Застигни врасплох, посреди притираний, неубранной, неумытой. И что? "Впрочем, этот совет надлежит применять с осмотреньем: / Часто краса без прикрас даже бывает милей". Еще бы. Он храпит; ну да, храпит, бедненький, вот я сейчас помогу ему перевернуться на живот, и ему станет легче дышать, и он заснет спокойно. Она опаздывает на свидания; конечно, опаздывает, что может быть приятнее этого ожидания, тем слаще мгновение, когда она наконец вырисуется из толпы или позвонит тебе в дверь. Кому помогут такие лекарства - тому, собственно, и лечение никакое не нужно. Тоже мне любовь.

Не работает.

"С первой попавшейся ляг". Даже если получится - ты будешь вспоминать его прикосновения, ее дыхание. А после этого, как известно, всякое животное грустно; и о чем ты будешь грустить, скажи, пожалуйста?

Ты знаешь, о чем.

"Выбирай такие объятья, / Чтобы сильнее всего женский коверкали вид". Смешно, наивно и главное - не работает, Овидий, не работает. Нет потому что таких объятий. "Кроме того, хорошо иметь двух возлюбленных сразу; / Ежели можно троих, это надежней всего". Не надежней. Даже если ты "поплывешь по волнам с полным набором подруг". Речь же не о том, кто услаждает твой взор, кто ласкает твое тело в любой выбранный промежуток времени. Не о том, что снаружи - а о том, кто внутри тебя, и не выгоняется, как ты ни старайся.

Не работает.

Не ревнуй. Ревность подбрасывает угли в пожар страсти. Ну, это правильно, конечно, только о том, как не ревновать - Овидий не говорит ни слова. Потому что не знает.

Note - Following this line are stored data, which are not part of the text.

//! Places of a program: what is known there, and what stands round it.

ghost use Rattle.std.specs.Prelude.{◌≡◌, ◌++◌, [], true, false, IfOk, OnOk, length};
ghost use Rattle.actx_grammar.specs.Static as spec;
ghost use Rattle.actx_grammar.specs.declared.operators.FunctionKind.{FunctionKind};
ghost use Rattle.actx_scope.specs.Faults.{first_fault};
ghost use Rattle.actx_scope.specs.Found.{grown, outer_part};
ghost use Rattle.actx_scope.specs.Links.{link_of};
ghost use Rattle.actx_scope.specs.Places.{seen, within};

use super::bound::Bound;
use super::declared::Declared;
use super::fault::CheckFault;
use super::known::{Known, declare_all};
use super::link::Link;
use super::names::{is_unbindable, is_unusable};
use actx_data::{NoMemory, Twin};
use actx_grammar::name::Name;
use actx_grammar::operators::FunctionKind;
use std::alloc::Global;
use std::mem::replace;

/// What stands round a place.
#[derive(Clone, Copy, Drop)]
pub struct Around {
    pub in_loop: bool,
    pub in_function: bool,
    pub in_generator: bool,
    pub in_async: bool,
    /// A function that is no arrow stands round it.
    pub has_this: bool,
}

/// A place: the declarations in scope, the names of the same scope that stand before, and what stands round it.
#[derive(Drop)]
pub struct Place {
    pub known: Known,
    pub bound: Bound,
    pub around: Around,
}

/// What a place was before a scope was entered.
#[derive(Drop)]
pub struct Outer {
    pub depth: usize,
    pub bound: Bound,
    pub around: Around,
}

impl Around {
    /// Nothing stands round the program.
    pub fn outermost() -> Around
        ensures { result ≡ record { in_loop = false; in_function = false; in_generator = false; in_async = false; has_this = false } }
    {
        Around {
            in_loop: false,
            in_function: false,
            in_generator: false,
            in_async: false,
            has_this: false,
        }
    }

    /// What stands round the body of a loop.
    pub fn looped(self) -> Around
        ensures { result ≡ record self { in_loop = true } }
    {
        Around {
            in_loop: true,
            ..self
        }
    }

    /// What stands round the body of a function (ECMA-262, 15).
    pub fn within(self, kind: FunctionKind) -> Around
        ensures { result ≡ within kind self }
    {
        let (in_generator, in_async, is_arrow) = match kind {
            FunctionKind::Normal => (false, false, false),
            FunctionKind::Arrow => (false, false, true),
            FunctionKind::Generator => (true, false, false),
            FunctionKind::Async => (false, true, false),
            FunctionKind::AsyncArrow => (false, true, true),
            FunctionKind::AsyncGenerator => (true, true, false),
        };
        // A loop round a function isn't one of its body.
        let in_loop = false;
        Around {
            in_loop,
            in_function: true,
            in_generator,
            in_async,
            has_this: !is_arrow || self.has_this,
        }
    }
}

impl Place {
    /// The place round a program.
    pub fn outermost(alloc: Global) -> Place
        ensures { seen result ≡ spec.outermost }
    {
        Place {
            known: Known::new(alloc),
            bound: Bound::new(alloc),
            around: Around::outermost(),
        }
    }

    /// Enters a scope that binds some names, with something round it. Errors: `NoMemory`.
    pub fn enter(
        &mut self,
        alloc: Global,
        names: Vec<Declared>,
        around: Around,
    ) -> Result<Outer, NoMemory>
        ensures entered { OnOk result (self.new ≡ record { known = names.items ++ self.old.known; bound = []; around = around }) }
        ensures outer { IfOk result (λ outer. outer ≡ record { depth = length self.old.known; bound = self.old.bound; around = self.old.around }) }
    {
        let depth = self.known.len();
        declare_all(alloc, &mut self.known, names)?;
        let bound = replace(&mut self.bound, Bound::new(alloc));
        let outer = Outer {
            depth,
            bound,
            around: self.around,
        };
        self.around = around;
        Ok(outer)
    }

    /// Leaves a scope.
    pub fn leave(&mut self, outer: Outer)
        ensures { self.new ≡ record { known = outer_part outer.depth self.old.known; bound = outer.bound; around = outer.around } }
    {
        self.known.leave(outer.depth);
        self.bound = outer.bound;
        self.around = outer.around;
    }

    /// What a use of a name refers to. Errors: `NoMemory`.
    pub fn link(&self, alloc: Global, name: &Name) -> Result<Link, NoMemory>
        ensures { IfOk result (λ link. link ≡ link_of self.now.known name.now) }
    {
        match self.known.find(name) {
            Some(node) => Ok(Link::To(node)),
            None => Ok(Link::Free(name.copy(alloc)?)),
        }
    }

    /// The fault of a name that is read at a node: `Reserved` where no program uses it, else `Undeclared` where none is in
    /// scope.
    pub fn use_fault(&self, at: u64, name: &Name) -> Option<CheckFault>
        ensures { result ≡ first_fault (spec.use_offences (seen self.now) at name.now) }
    {
        if is_unusable(name) {
            return Some(CheckFault::Reserved(at));
        }
        match self.known.find(name) {
            Some(_) => None,
            None => Some(CheckFault::Undeclared(at)),
        }
    }

    /// The fault of a name that is written at a node: `Reserved` where no program assigns it, else as of one that is read.
    pub fn target_fault(&self, at: u64, name: &Name) -> Option<CheckFault>
        ensures { result ≡ first_fault (spec.target_offences (seen self.now) at name.now) }
    {
        if is_unbindable(name) {
            return Some(CheckFault::Reserved(at));
        }
        self.use_fault(at, name)
    }

    /// Binds a name of the scope at a node. Answers its fault: `Twice` where the scope binds it before, else `Reserved` where
    /// no program binds it. Errors: `NoMemory`.
    pub fn bind(
        &mut self,
        alloc: Global,
        at: u64,
        name: &Name,
    ) -> Result<Option<CheckFault>, NoMemory>
        ensures fault { IfOk result (λ fault. fault ≡ first_fault (spec.binding_offences (seen self.old) at name.now)) }
        ensures bound { OnOk result (self.new ≡ record self.old { bound = grown self.old.bound name.now }) }
    {
        if !self.bound.add(alloc, name)? {
            return Ok(Some(CheckFault::Twice(at)));
        }
        Ok(reserved_if(is_unbindable(name), at))
    }
}

/// The fault of what no program has at a node.
pub fn reserved_if(bad: bool, at: u64) -> Option<CheckFault>
    ensures { result ≡ first_fault (spec.offends_if bad at spec.reserved) }
{
    if bad {
        Some(CheckFault::Reserved(at))
    } else {
        None
    }
}

/// The fault of what stands at a node outside of what it belongs to.
pub fn misplaced_unless(good: bool, at: u64) -> Option<CheckFault>
    ensures { result ≡ first_fault (spec.unless good at) }
{
    if good {
        None
    } else {
        Some(CheckFault::Misplaced(at))
    }
}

"Не будь одинок: одиночество вредно влюбленным!" Ну да, ходи в театр, в кино, на презентации; оглядывайся на вчерашние лица, осматривайся по сторонам: а он здесь не появится ли? Бреди в толпе, неси в ней свое одиночество и свою рану. Ты все равно один. Не работает.

Не ищи встречи. Избегай не только ее, но и всех ее знакомых, "мать госпожи, и сестра госпожи, и кормилица даже: / Всех, кто с ней и при ней, пуще всего сторонись!" Что далеко не всегда практически осуществимо. И все равно, следы будут попадаться, если не реальные, так те, что подбрасывает, видимо, Амур: вот облачко - точно такое же, как то, на которое мы вместе любовались; вот собака, как у него, вот духи, как у нее. И куда от них деваться? Некуда. Не работает.

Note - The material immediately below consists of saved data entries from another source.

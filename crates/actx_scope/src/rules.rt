//! Whether a program keeps the static rules, and which declarations its names refer to: `f(a);` uses two names that nothing
//! declares, and `let a; let a;` declares one twice.

ghost use Rattle.std.specs.Prelude.{◌≡◌, ℕ, [], Some, IfOk, OnOk, IsErrOf};
ghost use Rattle.actx_grammar.specs.Static as spec;
ghost use Rattle.actx_ast.specs.View.{program_view};
ghost use Rattle.actx_scope.specs.Links.{links, link_at, free_of};
ghost use Rattle.actx_scope.specs.Machine as m;
ghost use Rattle.actx_scope.specs.States.{state};

use super::fault::CheckFault;
use super::link::Link;
use super::walk::{Walk, walk_block};
use actx_ast::tree::Program;
use actx_data::NoMemory;
use std::alloc::Global;
use std::marker::Model;

/// What the names of a program refer to, seen as the list of what each node refers to.
#[derive(Drop)]
pub struct Scopes {
    nodes: Vec<Link>,
}

impl Model for Scopes {
    ghost use Rattle.std.specs.Prelude.{List};
    ghost use Rattle.actx_scope.specs.declared.link.Link.{Link};

    ghost Value = { List Link };

    ghost view = { λ s. s.nodes.items };
}

impl Scopes {
    /// The node that declares the name that a node reads or writes, both numbered from 0 as they stand in the text; `None`
    /// where the node is no use of a name (ECMA-262, 9.4.2).
    pub fn declared_by(&self, node: u64) -> Option<u64>
        ensures { result ≡ link_at self.now node }
    {
        match self.nodes.get(node as usize) {
            Some(Link::To(declaration)) => Some(*declaration),
            _ => None,
        }
    }
}

/// The walk over a whole program.
fn walked(alloc: Global, program: &Program) -> Result<Walk, NoMemory>
    ensures { IfOk result (λ walk. state walk ≡ m.block_walk (program_view program.now) m.start) }
{
    let mut walk = Walk::new(alloc);
    walk_block(alloc, &mut walk, &program.body)?;
    Ok(walk)
}

/// Checks the static rules (ECMA-262, 8.6.1, 13.1.1, 14.2.1, 14.3.1.1, 14.9.1, 14.10.1, 14.15.1, 15.1.1 and 16.1.1,
/// restricted), and answers what each name of the program refers to. Every use of a name then has a declaration. It takes
/// stack for each level of nesting, of which source programs have 200 at most.
///
/// Errors: of all places that break a rule the first, as they stand in the text, by the number of its node: `Undeclared` for a
/// use of a name that isn't declared in scope, `Twice` for a second binding of a name in its scope, `Reserved` for a name or a
/// key that no program has, `Misplaced` for what stands outside of what it belongs to; and `NoMemory`.
pub fn check(alloc: Global, program: &Program) -> Result<Scopes, CheckFault>
    ensures clean { OnOk result (spec.Clean (program_view program.now)) }
    ensures uses { IfOk result (λ scopes. scopes ≡ links (program_view program.now)) }
    ensures declared { OnOk result (free_of (links (program_view program.now)) ≡ []) }
    ensures undeclared { (n : ℕ) → IsErrOf result (CheckFault.Undeclared n) → spec.first_offence (program_view program.now) ≡ Some (record { node = n; kind = spec.undeclared }) }
    ensures twice { (n : ℕ) → IsErrOf result (CheckFault.Twice n) → spec.first_offence (program_view program.now) ≡ Some (record { node = n; kind = spec.twice }) }
    ensures reserved { (n : ℕ) → IsErrOf result (CheckFault.Reserved n) → spec.first_offence (program_view program.now) ≡ Some (record { node = n; kind = spec.reserved }) }
    ensures misplaced { (n : ℕ) → IsErrOf result (CheckFault.Misplaced n) → spec.first_offence (program_view program.now) ≡ Some (record { node = n; kind = spec.misplaced }) }
{
    let walk = walked(alloc, program)?;
    match walk.fault {
        Some(fault) => Err(fault),
        None => Ok(Scopes { nodes: walk.links }),
    }
}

Сожги письма и восковые дощечки: "Старое тронет письмо самый незыблемый дух". А если письма (и дощечки) размножились в эфире, разошлись на бинарный код, рассредоточились по разным серверам - что делать тогда? Ты можешь стереть свои копии, ты можешь в порыве отречения отформатировать жесткий диск - но и это бесполезно; а если это настоящие, бумажные письма, то в этот электронный век придется тысячу раз подумать, прежде чем от них отказаться: это вообще раритет, реликвия, antique; нет, не поднимется рука. Не поднимется ведь? Конечно. Не работает, Публий.

"Часто наводят тоску места, где вы были, где спали". Так ведь и с этим ничего не поделаешь - если, конечно, ты не был изначально так осторожен, что виделся с ней только в конкретном доме свиданий. Но ведь не был? Вот и терпи теперь этот пейзаж, и эту кровать, и этот кухонный стол, и эту трещину в асфальте, и этот погнутый фонарь. Никуда ты от них не денешься, никуда от них не вернешься. Некуда, Овидий. Вот и все твои советы.

И что теперь делать, раз лекарство не то просрочено, не то никогда и не помогало?